### How to complete this task:
Print the records below word for word, beginning with the first line and ending once the line containing "to the next." is printed.

(Collected data entries)
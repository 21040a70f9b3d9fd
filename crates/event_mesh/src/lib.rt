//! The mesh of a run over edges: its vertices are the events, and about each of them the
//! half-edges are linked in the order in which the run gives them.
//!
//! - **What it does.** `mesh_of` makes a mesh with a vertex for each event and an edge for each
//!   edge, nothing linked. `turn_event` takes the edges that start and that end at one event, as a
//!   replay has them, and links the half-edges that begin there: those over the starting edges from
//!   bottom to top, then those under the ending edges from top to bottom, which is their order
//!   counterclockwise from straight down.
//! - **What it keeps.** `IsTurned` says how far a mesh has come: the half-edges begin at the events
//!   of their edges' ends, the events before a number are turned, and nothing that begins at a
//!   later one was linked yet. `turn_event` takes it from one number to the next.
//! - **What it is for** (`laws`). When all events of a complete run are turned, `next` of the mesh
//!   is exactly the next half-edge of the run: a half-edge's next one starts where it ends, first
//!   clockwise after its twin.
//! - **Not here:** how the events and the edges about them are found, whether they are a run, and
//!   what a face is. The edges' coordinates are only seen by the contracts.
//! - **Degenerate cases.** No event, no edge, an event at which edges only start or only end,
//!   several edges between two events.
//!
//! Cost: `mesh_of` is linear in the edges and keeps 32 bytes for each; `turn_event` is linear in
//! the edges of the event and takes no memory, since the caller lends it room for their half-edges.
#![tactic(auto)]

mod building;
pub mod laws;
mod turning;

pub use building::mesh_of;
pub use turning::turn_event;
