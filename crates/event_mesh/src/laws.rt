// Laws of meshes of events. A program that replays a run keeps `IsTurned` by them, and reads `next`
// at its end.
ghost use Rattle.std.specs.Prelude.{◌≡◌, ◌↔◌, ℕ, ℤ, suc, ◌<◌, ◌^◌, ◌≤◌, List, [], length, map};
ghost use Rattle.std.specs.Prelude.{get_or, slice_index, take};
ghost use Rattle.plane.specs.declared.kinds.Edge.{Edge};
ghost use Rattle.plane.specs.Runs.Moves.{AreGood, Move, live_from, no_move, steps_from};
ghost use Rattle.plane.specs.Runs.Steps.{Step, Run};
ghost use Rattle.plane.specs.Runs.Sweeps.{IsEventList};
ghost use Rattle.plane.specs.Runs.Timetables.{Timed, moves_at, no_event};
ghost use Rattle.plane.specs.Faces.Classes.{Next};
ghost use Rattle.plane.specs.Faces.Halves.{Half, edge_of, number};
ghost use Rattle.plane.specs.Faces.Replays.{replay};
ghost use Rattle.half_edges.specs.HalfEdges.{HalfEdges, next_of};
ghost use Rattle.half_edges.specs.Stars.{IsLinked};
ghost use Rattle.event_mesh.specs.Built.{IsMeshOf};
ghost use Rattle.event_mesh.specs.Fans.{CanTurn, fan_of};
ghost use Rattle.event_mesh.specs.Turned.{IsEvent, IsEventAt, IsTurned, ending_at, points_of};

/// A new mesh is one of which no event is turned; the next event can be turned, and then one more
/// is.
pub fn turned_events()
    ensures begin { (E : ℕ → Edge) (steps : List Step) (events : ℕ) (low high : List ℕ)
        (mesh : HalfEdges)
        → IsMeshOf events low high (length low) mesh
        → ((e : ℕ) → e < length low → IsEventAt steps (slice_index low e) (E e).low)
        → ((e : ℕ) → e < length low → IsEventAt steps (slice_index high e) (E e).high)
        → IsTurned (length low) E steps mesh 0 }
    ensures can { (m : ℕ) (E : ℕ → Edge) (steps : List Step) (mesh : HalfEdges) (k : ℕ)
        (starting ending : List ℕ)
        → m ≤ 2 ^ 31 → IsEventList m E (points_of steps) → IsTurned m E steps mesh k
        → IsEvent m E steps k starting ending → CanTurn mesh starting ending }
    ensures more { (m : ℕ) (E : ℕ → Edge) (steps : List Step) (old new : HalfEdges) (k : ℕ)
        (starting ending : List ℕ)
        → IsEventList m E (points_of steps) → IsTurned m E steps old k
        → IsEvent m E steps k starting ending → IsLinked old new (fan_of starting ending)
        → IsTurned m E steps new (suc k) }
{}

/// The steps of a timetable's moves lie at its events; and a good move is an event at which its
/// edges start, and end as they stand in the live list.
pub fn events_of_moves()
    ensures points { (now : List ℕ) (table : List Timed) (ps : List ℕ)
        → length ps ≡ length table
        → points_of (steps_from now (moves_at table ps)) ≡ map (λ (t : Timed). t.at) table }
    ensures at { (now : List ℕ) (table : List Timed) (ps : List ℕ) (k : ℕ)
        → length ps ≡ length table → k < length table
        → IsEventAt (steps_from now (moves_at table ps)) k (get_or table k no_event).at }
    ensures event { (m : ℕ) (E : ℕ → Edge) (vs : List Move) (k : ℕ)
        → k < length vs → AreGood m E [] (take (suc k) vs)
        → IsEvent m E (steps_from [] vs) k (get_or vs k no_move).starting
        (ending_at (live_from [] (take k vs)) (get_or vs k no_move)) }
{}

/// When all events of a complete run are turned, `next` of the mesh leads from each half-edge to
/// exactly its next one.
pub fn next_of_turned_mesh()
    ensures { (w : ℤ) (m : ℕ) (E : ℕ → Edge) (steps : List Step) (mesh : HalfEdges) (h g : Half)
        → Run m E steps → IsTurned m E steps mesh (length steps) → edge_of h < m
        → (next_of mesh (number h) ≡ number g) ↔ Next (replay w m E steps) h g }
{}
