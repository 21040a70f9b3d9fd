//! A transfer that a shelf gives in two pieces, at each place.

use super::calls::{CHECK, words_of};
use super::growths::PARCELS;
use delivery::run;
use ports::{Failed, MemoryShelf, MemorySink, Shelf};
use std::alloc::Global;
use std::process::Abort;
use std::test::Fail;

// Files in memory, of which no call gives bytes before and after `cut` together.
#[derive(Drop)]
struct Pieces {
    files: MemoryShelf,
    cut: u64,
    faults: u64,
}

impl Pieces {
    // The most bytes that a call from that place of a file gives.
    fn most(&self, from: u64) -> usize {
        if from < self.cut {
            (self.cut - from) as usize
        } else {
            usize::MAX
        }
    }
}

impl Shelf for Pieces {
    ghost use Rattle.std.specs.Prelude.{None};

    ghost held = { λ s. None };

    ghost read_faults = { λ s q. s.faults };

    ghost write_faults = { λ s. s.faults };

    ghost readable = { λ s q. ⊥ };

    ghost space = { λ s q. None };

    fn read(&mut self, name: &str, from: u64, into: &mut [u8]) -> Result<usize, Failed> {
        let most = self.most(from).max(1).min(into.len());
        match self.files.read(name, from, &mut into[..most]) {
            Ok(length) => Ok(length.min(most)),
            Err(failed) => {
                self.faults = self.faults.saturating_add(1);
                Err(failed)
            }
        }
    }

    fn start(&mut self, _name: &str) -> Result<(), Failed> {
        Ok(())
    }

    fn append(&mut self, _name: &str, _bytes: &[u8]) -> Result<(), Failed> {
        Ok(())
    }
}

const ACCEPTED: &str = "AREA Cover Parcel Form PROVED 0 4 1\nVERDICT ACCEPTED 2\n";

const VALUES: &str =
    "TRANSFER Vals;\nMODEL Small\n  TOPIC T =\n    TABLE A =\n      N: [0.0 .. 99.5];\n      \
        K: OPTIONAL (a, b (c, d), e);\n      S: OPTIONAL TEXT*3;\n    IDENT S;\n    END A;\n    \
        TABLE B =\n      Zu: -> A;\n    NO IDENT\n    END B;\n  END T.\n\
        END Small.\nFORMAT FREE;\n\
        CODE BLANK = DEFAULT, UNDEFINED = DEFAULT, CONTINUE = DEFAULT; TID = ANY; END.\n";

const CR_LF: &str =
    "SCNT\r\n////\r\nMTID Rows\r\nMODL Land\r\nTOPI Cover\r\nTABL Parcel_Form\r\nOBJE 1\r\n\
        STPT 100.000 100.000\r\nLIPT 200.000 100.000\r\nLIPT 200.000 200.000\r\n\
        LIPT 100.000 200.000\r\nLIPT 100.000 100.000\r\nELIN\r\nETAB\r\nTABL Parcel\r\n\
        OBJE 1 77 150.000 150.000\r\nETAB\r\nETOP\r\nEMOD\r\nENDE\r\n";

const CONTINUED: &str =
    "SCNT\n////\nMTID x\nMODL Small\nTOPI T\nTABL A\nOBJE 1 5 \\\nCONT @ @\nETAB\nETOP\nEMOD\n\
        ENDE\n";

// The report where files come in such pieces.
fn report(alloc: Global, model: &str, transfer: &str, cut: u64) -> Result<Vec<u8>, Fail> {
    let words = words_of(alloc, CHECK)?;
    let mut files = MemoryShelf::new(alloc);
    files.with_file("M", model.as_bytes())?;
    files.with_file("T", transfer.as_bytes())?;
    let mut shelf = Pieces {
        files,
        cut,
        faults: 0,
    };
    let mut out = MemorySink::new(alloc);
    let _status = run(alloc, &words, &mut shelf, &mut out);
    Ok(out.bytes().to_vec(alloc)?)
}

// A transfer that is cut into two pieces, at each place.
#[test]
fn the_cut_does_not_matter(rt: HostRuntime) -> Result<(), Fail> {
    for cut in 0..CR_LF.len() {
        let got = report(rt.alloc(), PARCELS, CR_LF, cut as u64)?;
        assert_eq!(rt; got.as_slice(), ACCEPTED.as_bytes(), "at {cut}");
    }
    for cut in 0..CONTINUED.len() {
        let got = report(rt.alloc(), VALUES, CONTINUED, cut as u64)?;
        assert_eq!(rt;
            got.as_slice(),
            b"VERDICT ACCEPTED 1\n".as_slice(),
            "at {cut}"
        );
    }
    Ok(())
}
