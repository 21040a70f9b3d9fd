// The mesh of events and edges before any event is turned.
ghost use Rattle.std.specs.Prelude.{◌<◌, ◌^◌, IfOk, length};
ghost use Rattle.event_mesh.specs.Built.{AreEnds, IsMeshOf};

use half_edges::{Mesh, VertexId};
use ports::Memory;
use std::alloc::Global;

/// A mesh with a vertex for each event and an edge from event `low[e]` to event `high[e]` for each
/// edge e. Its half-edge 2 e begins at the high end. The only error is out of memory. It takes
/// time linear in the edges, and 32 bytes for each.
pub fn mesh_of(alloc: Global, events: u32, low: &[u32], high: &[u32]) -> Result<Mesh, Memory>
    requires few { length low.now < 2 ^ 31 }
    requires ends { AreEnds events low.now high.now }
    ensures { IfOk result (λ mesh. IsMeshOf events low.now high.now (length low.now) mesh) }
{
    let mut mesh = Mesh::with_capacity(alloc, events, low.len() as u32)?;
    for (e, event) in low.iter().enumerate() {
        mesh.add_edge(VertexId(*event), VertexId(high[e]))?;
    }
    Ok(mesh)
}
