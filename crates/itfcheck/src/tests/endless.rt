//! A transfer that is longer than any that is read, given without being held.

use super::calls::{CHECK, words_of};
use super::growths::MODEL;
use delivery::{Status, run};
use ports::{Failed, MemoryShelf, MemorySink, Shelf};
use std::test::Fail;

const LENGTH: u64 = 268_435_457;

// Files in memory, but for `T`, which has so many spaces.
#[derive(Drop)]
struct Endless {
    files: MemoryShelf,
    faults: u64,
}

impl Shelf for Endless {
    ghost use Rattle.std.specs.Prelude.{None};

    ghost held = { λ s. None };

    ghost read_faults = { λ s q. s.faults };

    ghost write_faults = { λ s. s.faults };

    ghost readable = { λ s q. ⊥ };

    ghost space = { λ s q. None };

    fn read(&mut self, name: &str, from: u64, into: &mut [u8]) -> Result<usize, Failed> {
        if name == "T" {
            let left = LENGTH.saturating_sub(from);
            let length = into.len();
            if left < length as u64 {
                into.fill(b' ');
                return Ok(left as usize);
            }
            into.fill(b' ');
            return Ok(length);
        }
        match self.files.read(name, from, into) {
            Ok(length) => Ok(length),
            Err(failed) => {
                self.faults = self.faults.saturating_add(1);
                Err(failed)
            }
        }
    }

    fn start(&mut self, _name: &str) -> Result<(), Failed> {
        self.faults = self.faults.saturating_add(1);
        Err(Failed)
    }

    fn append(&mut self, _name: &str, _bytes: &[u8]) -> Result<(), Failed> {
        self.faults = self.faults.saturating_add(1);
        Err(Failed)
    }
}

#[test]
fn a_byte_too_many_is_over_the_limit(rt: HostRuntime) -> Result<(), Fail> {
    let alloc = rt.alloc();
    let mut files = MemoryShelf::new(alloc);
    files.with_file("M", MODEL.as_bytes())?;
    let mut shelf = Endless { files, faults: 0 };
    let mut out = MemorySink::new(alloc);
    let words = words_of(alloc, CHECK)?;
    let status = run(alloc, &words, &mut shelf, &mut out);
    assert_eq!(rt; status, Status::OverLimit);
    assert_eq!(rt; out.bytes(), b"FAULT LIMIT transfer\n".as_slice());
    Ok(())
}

### Written solution:
repository 21040a70f9b3d9fd
filename crates/event_mesh/src/lib.rt
//! The mesh of a run over edges: its vertices are the events, and about each of them the
//! half-edges are linked in the order in which the run gives them.
//!
//! - **What it does.** `mesh_of` makes a mesh with a vertex for each event and an edge for each
//!   edge, nothing linked. `turn_event` takes the edges that start and that end at one event, as a
//!   replay has them, and links the half-edges that begin there: those over the starting edges from
//!   bottom to top, then those under the ending edges from top to bottom, which is their order
//!   counterclockwise from straight down.
//! - **What it keeps.** `IsTurned` says how far a mesh has come: the half-edges begin at the events
//!   of their edges' ends, the events before a number are turned, and nothing that begins at a
//!   later one was linked yet. `turn_event` takes it from one number to the next.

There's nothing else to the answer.